## Brief
Exact repetition of the data below is required.
^^^^^^^^^^^^^^^^
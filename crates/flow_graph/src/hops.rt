//! The hops of a location, one after the other.

ghost use Rattle.std.specs.Prelude.{◌≡◌, [], flat_map};
ghost use Rattle.std.specs.Iterator.{YieldsFirstBy, item_count};
ghost use Rattle.read_decks.specs.InDeck.{loads_in};
ghost use Rattle.flow_graph.specs.Hops as said;
ghost use Rattle.flow_graph.specs.Hops.{hops_of};
ghost use Rattle.flow_graph.specs.HopsLeft.{hops_here, hops_left};
ghost use Rattle.flow_graph.specs.Instructions.{instructions_left};
ghost use Rattle.flow_graph.specs.Seen.{seen_hop};

use crate::instructions::Instructions;
use base_notes::Notes;
use base_words::{Instruction, Location};
use machine_steps::{Way, Ways};
use read_decks::Deck;

/// An instruction that is allowed at a location, and one of its ways.
#[derive(Clone, Copy, Debug, PartialEq, Eq)]
pub struct Hop {
    pub instruction: Instruction,
    pub way: Way,
}

/// The hops of a location, in order: each instruction that is allowed there, with each of its ways.
#[derive(Clone, Copy)]
pub struct Hops<'a> {
    notes: &'a Notes,
    /// The instructions that come after the one that it is at.
    instructions: Instructions<'a>,
    /// The instruction that it is at.
    instruction: Option<Instruction>,
    /// The ways that are left of that instruction.
    ways: Ways,
}

impl<'a> Hops<'a> {
    /// The hops of the location, whether or not it is executed.
    pub(crate) fn at(deck: &Deck, notes: &'a Notes, location: Location) -> Hops<'a>
        ensures { hops_left result ≡ said.hops (loads_in deck.now) notes.now location.number }
    {
        Hops::of(notes, Instructions::at(deck, notes, location))
    }

    /// The hops of these instructions, with the ways of the first at hand: a copy needn't find them
    /// again.
    fn of(notes: &'a Notes, instructions: Instructions<'a>) -> Hops<'a>
        ensures { hops_left result
            ≡ flat_map (hops_of notes.now) (instructions_left instructions.entry) }
    {
        let mut rest = instructions;
        match rest.next() {
            Some(instruction) => Hops {
                notes,
                instructions: rest,
                instruction: Some(instruction),
                ways: Ways::of(notes, instruction),
            },
            None => Hops::none(notes),
        }
    }

    /// No hop.
    pub fn none(notes: &'a Notes) -> Hops<'a>
        ensures { hops_left result ≡ [] }
    {
        Hops {
            notes,
            instructions: Instructions::none(),
            instruction: None,
            ways: Ways::none(),
        }
    }

    /// The next hop of the instruction that it is at.
    fn next_here(&mut self) -> Option<Hop>
        ensures first { YieldsFirstBy seen_hop hops_here self.old result self.new }
        ensures same { self.new ≡ record self.old { ways = self.new.ways } }
    {
        let instruction = self.instruction?;
        let way = self.ways.next()?;
        Some(Hop { instruction, way })
    }
}

impl Iterator for Hops<'_> {
    type Item = Hop;

    ghost next_gives = { YieldsFirstBy seen_hop hops_left };

    ghost remaining = { item_count hops_left };

    fn next(&mut self) -> Option<Hop> {
        loop {
            if let Some(hop) = self.next_here() {
                return Some(hop);
            }
            let Some(instruction) = self.instructions.next() else {
                return None;
            };
            self.ways = Ways::of(self.notes, instruction);
            self.instruction = Some(instruction);
        }
    }
}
^^^^^^^^^^^^^^^^
## Reply to the task
filename crates/flow_graph/src/hops.rt
//! The hops of a location, one after the other.

ghost use Rattle.std.specs.Prelude.{◌≡◌, [], flat_map};
ghost use Rattle.std.specs.Iterator.{YieldsFirstBy, item_count};
ghost use Rattle.read_decks.specs.InDeck.{loads_in};
ghost use Rattle.flow_graph.specs.Hops as said;
ghost use Rattle.flow_graph.specs.Hops.{hops_of};
ghost use Rattle.flow_graph.specs.HopsLeft.{hops_here, hops_left};
ghost use Rattle.flow_graph.specs.Instructions.{instructions_left};
ghost use Rattle.flow_graph.specs.Seen.{seen_hop};

use crate::instructions::Instructions;
use base_notes::Notes;
use base_words::{Instruction, Location};
use machine_steps::{Way, Ways};
use read_decks::Deck;

/// An instruction that is allowed at a location, and one of its ways.
#[derive(Clone, Copy, Debug, PartialEq, Eq)]
pub struct Hop {
    pub instruction: Instruction,
    pub way: Way,
}

/// The hops of a location, in order: each instruction that is allowed there, with each of its ways.
#[derive(Clone, Copy)]
pub struct Hops<'a> {
    notes: &'a Notes,
    /// The instructions that come after the one that it is at.
    instructions: Instructions<'a>,
    /// The instruction that it is at.
    instruction: Option<Instruction>,
    /// The ways that are left of that instruction.
    ways: Ways,
}

impl<'a> Hops<'a> {
    /// The hops of the location, whether or not it is executed.
    pub(crate) fn at(deck: &Deck, notes: &'a Notes, location: Location) -> Hops<'a>
        ensures { hops_left result ≡ said.hops (loads_in deck.now) notes.now location.number }
    {
        Hops::of(notes, Instructions::at(deck, notes, location))
    }

    /// The hops of these instructions, with the ways of the first at hand: a copy needn't find them
    /// again.
    fn of(notes: &'a Notes, instructions: Instructions<'a>) -> Hops<'a>
        ensures { hops_left result
            ≡ flat_map (hops_of notes.now) (instructions_left instructions.entry) }
    {
        let mut rest = instructions;
        match rest.next() {
            Some(instruction) => Hops {
                notes,
                instructions: rest,
                instruction: Some(instruction),
                ways: Ways::of(notes, instruction),
            },
            None => Hops::none(notes),
        }
    }

    /// No hop.
    pub fn none(notes: &'a Notes) -> Hops<'a>
        ensures { hops_left result ≡ [] }
    {
        Hops {
            notes,
            instructions: Instructions::none(),
            instruction: None,
            ways: Ways::none(),
        }
    }

    /// The next hop of the instruction that it is at.
    fn next_here(&mut self) -> Option<Hop>
        ensures first { YieldsFirstBy seen_hop hops_here self.old result self.new }
        ensures same { self.new ≡ record self.old { ways = self.new.ways } }
    {
        let instruction = self.instruction?;
        let way = self.ways.next()?;
        Some(Hop { instruction, way })
    }
}

impl Iterator for Hops<'_> {
    type Item = Hop;

    ghost next_gives = { YieldsFirstBy seen_hop hops_left };

    ghost remaining = { item_count hops_left };

    fn next(&mut self) -> Option<Hop> {
        loop {
            if let Some(hop) = self.next_here() {
                return Some(hop);
            }
            let Some(instruction) = self.instructions.next() else {
                return None;
            };
            self.ways = Ways::of(self.notes, instruction);
            self.instruction = Some(instruction);
        }
    }
}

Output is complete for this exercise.